(Stored data)
--- --- ---

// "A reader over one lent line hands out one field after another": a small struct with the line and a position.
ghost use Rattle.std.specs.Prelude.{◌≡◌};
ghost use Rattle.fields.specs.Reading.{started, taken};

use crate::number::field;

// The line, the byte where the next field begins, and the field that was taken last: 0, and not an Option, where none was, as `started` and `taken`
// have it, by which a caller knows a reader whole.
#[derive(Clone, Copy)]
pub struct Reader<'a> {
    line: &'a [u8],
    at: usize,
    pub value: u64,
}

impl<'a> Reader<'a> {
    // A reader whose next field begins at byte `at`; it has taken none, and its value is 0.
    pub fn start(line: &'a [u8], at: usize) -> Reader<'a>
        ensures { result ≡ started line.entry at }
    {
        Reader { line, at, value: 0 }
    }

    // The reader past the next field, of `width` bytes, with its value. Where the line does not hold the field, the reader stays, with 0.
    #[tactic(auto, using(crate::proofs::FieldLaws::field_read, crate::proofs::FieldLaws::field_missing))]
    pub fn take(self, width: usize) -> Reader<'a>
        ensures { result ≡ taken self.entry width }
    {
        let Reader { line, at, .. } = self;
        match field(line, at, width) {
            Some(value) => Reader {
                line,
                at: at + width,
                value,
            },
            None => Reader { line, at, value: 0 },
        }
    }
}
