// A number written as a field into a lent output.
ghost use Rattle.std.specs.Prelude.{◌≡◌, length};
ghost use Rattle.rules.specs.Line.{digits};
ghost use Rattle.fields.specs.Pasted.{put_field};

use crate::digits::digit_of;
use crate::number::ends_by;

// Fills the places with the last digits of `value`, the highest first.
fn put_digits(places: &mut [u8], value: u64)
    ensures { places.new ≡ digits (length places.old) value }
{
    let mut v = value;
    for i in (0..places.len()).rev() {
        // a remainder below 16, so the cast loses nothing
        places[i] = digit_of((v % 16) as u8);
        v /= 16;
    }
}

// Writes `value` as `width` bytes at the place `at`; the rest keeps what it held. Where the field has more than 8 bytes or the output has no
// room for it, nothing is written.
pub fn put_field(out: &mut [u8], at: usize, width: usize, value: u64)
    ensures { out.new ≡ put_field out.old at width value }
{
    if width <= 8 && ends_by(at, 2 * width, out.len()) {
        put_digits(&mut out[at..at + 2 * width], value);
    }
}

--- --- ---

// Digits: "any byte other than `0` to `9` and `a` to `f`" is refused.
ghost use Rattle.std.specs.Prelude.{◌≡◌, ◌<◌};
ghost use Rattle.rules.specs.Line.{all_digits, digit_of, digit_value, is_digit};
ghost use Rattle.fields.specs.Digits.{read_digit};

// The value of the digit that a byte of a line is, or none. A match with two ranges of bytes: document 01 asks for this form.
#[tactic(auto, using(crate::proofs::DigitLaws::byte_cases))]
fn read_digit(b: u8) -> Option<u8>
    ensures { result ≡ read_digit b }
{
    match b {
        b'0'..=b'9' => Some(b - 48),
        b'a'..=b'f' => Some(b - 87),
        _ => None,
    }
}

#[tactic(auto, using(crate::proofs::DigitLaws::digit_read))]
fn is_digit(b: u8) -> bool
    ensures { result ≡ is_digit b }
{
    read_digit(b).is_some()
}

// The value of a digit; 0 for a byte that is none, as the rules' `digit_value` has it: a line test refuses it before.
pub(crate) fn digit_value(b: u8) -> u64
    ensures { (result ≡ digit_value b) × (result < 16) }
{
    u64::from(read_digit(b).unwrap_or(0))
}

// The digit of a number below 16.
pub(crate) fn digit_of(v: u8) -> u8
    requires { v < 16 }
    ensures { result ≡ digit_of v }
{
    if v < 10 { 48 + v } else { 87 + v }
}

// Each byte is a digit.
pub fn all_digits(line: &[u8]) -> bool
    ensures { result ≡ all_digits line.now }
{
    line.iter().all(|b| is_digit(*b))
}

--- --- ---

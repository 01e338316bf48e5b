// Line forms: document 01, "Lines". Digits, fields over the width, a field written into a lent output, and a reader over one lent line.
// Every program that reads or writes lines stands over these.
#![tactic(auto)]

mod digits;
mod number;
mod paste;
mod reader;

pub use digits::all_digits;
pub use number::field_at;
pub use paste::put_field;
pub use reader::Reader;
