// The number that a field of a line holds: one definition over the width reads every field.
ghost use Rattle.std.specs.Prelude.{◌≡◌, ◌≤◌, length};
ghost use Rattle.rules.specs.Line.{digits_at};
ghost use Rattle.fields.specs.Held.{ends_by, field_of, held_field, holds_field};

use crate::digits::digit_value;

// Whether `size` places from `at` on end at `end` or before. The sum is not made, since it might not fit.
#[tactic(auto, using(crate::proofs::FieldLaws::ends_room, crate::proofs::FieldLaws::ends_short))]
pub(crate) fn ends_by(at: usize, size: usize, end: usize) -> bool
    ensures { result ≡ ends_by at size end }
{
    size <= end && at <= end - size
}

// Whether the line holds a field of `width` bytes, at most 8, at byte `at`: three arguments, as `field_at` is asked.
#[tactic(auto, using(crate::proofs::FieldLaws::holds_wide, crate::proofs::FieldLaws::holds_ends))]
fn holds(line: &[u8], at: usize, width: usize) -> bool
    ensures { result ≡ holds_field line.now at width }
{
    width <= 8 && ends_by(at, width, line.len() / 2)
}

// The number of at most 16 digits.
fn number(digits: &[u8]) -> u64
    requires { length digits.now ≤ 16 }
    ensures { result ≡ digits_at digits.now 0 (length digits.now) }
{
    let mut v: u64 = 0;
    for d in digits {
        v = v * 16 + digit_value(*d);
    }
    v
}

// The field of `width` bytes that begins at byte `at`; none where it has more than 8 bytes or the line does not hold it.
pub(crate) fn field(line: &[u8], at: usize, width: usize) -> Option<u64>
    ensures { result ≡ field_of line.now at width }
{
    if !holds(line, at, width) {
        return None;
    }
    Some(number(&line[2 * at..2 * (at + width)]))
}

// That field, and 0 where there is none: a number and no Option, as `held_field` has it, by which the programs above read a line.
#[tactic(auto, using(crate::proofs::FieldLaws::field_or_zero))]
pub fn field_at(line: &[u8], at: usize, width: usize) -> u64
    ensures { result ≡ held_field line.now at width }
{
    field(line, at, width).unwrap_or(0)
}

--- --- ---

What to do »
In the entries above, find the line holding "and a position." and the line holding "#[derive(Clone, Copy)]"; print both of them and every line between, exactly, and nothing else.

Solution below »
// "A reader over one lent line hands out one field after another": a small struct with the line and a position.
ghost use Rattle.std.specs.Prelude.{◌≡◌};
ghost use Rattle.fields.specs.Reading.{started, taken};

use crate::number::field;

// The line, the byte where the next field begins, and the field that was taken last: 0, and not an Option, where none was, as `started` and `taken`
// have it, by which a caller knows a reader whole.
#[derive(Clone, Copy)]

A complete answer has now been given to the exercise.